Abstract:High quality and high speed videography using Non-Line-of-Sight (NLOS) imaging benefit autonomous navigation, collision prevention, and post-disaster search and rescue tasks. Current solutions have to balance between the frame rate and image quality. High frame rates, for example, can be achieved by reducing either per-point scanning time or scanning density, but at the cost of lowering the information density at individual frames. Fast scanning process further reduces the signal-to-noise ratio and different scanning systems exhibit different distortion characteristics.
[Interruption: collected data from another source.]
/// A SEND packet with its receive: it is too long for it, its list is denied, the end of its key is refused, or it is
/// placed.
#[inline(never)]
fn receive_send<R: Reach>(
    q: &mut QueuePart,
    reach: &mut R,
    s: &SendPacket<'_>,
    marks: &mut Marks,
) -> Result<SharedReceive, Memory>
    requires step { CanStep q.old }
    requires payload { length s.now.packet.now.payload ≤ MAX_PAYLOAD_BYTES }
    requires receiving { CanHold q.old (receiving s.now) }
    requires at_hand { CanMeet R.sight R.judges R.touches R.ends reach.old q.old
        (rows.send_row (arrivals.with_flag false q.old) s.now.packet.now s.now.position (receiving s.now)) }
    ensures taken { IsTaken R.written R.revoked result (outcome_of_send (R.sight reach.old) q.old s.now)
        q.old q.new marks.old marks.new reach.old reach.new }
{
    let list = s.receive.receive.list.as_slice();
    if exceeds_receive(s.packet, s.before, list) {
        let none = Vec::new(q.alloc());
        let (status, code) = (WcStatus::LocalLength, NakCode::InvalidRequest);
        return fail_receive(q, s, status, code, none, marks);
    }
    let mut asks = ArrayVec::new();
    fill_receive_asks(q, s.packet, s.before, list, &mut asks);
    let asks = asks.as_slice();
    let [ask, behind @ ..] = asks else {
        return place_none(q, reach, s, marks);
    };
    let checked = reach.check(ask);
    match judge_all(reach, ask, &checked, behind) {
        Ok(found) => {
            let found = Some(found);
            place(q, reach, s, &JudgedAsks { asks, found }, marks)
        }
        Err(denied) => deny_receive(q, s, &denied, marks),
    }
}
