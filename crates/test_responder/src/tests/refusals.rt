use super::runs;

const SEQUENCE: &str = "@0 p0 c0 recv 0/0/0 11 0x00000001:0x100000000:300 -> posted -
@0 p0 c0 inject 0/256 0100ffff000001008000000000*256 -> ok
 done 0/256 recv 0 11 recv flushed 0 - - -
@0 p0 respond 0/256 pass
 sent 0/256 1/256 - - 1100ffff000001000000000061000000
@0 p0 respond 0/256 pass
 reason empty

@0 p0 c0 recv 0/0/0 11 0x00000001:0x100000000:300 -> posted -
@0 p0 c0 inject 0/256 0230ffff0000010080000000ab000000 -> ok
 done 0/256 recv 0 11 recv flushed 0 - - -
@0 p0 respond 0/256 pass
 sent 0/256 1/256 - - 1100ffff000001000000000061000000
@0 p0 respond 0/256 pass
 reason empty

@0 p0 c0 recv 0/0/0 11 0x00000001:0x100000000:300 -> posted -
@0 p0 c0 inject 0/256 0830ffff0000010080000000ab000000 -> ok
 done 0/256 recv 0 11 recv flushed 0 - - -
@0 p0 respond 0/256 pass
 sent 0/256 1/256 - - 1100ffff000001000000000061000000
@0 p0 respond 0/256 pass
 reason empty

@0 p0 c0 recv 0/0/0 11 0x00000001:0x100000000:300 -> posted -
@0 p0 c0 inject 0/256 0000ffff000001000000000000*256 -> ok
 local 0/256 0/0 0x00000001 write 0x100000000 256 wrote 00*256
@0 p0 c0 inject 0/256 0a30ffff000001008000000100000001000000000000000100000001ab000000 -> ok
 done 0/256 recv 0 11 recv flushed 0 - - -
@0 p0 respond 0/256 pass
 sent 0/256 1/256 - - 1100ffff000001000000000161000000
@0 p0 respond 0/256 pass
 reason empty

@0 p0 c0 recv 0/0/0 11 0x00000001:0x100000000:300 -> posted -
@0 p0 c0 inject 0/256 0000ffff000001000000000000*256 -> ok
 local 0/256 0/0 0x00000001 write 0x100000000 256 wrote 00*256
@0 p0 c0 inject 0/256 0430ffff0000010080000001ab000000 -> ok
 done 0/256 recv 0 11 recv flushed 0 - - -
@0 p0 respond 0/256 pass
 sent 0/256 1/256 - - 1100ffff000001000000000161000000
@0 p0 respond 0/256 pass
 reason empty

@0 p0 c0 recv 0/0/0 11 0x00000001:0x100000000:300 -> posted -
@0 p0 c0 inject 0/256 0000ffff000001000000000000*256 -> ok
 local 0/256 0/0 0x00000001 write 0x100000000 256 wrote 00*256
@0 p0 c0 inject 0/256 0c00ffff000001008000000100000001000000000000000100000001 -> ok
 done 0/256 recv 0 11 recv flushed 0 - - -
@0 p0 respond 0/256 pass
 sent 0/256 1/256 - - 1100ffff000001000000000161000000
@0 p0 respond 0/256 pass
 reason empty

@0 p0 c0 recv 0/0/0 11 0x00000001:0x100000000:300 -> posted -
@0 p0 c0 inject 0/256 0600ffff00000100000000000000000100000000000000010000012c00*256 -> ok
 remote 0/256 0/0 - 0x00000001 write 0x100000000 300 wrote 00*256
@0 p0 c0 inject 0/256 0230ffff0000010080000001ab000000 -> ok
 done 0/256 recv 0 11 recv flushed 0 - - -
@0 p0 respond 0/256 pass
 sent 0/256 1/256 - - 1100ffff000001000000000161000000
@0 p0 respond 0/256 pass
 reason empty

@0 p0 c0 recv 0/0/0 11 0x00000001:0x100000000:300 -> posted -
@0 p0 c0 inject 0/256 0600ffff00000100000000000000000100000000000000010000012c00*256 -> ok
 remote 0/256 0/0 - 0x00000001 write 0x100000000 300 wrote 00*256
@0 p0 c0 inject 0/256 1400ffff000001008000000100000001000000000000000100000000000000010000000000000000 -> ok
 done 0/256 recv 0 11 recv flushed 0 - - -
@0 p0 respond 0/256 pass
 sent 0/256 1/256 - - 1100ffff000001000000000161000000
@0 p0 respond 0/256 pass
 reason empty
";

const LENGTHS: &str = "@0 p0 c0 recv 0/0/0 11 0x00000001:0x100000000:300 -> posted -
@0 p0 c0 inject 0/256 0000ffff000001008000000000000000 -> ok
 done 0/256 recv 0 11 recv flushed 0 - - -
@0 p0 respond 0/256 pass
 sent 0/256 1/256 - - 1100ffff000001000000000061000000
@0 p0 respond 0/256 pass
 reason empty

@0 p0 c0 recv 0/0/0 11 0x00000001:0x100000000:300 -> posted -
@0 p0 c0 inject 0/256 0400ffff00000100800000000000000000*256 -> ok
 done 0/256 recv 0 11 recv flushed 0 - - -
@0 p0 respond 0/256 pass
 sent 0/256 1/256 - - 1100ffff000001000000000061000000
@0 p0 respond 0/256 pass
 reason empty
In this work, we design and employ a new Transient Transformer architecture called TransiT to achieve real-time NLOS recovery under fast scans. TransiT directly compresses the temporal dimension of input transients to extract features, reducing computation costs and meeting high frame rate requirements. It further adopts a feature fusion mechanism as well as employs a spatial-temporal Transformer to help capture features of NLOS transient videos. Moreover, TransiT applies transfer learning to bridge the gap between synthetic and real-measured data. In real experiments, TransiT manages to reconstruct from sparse transients of $16 \times 16$ measured at an exposure time of 0.4 ms per point to NLOS videos at a $64 \times 64$ resolution at 10 frames per second. We will make our code and dataset available to the community.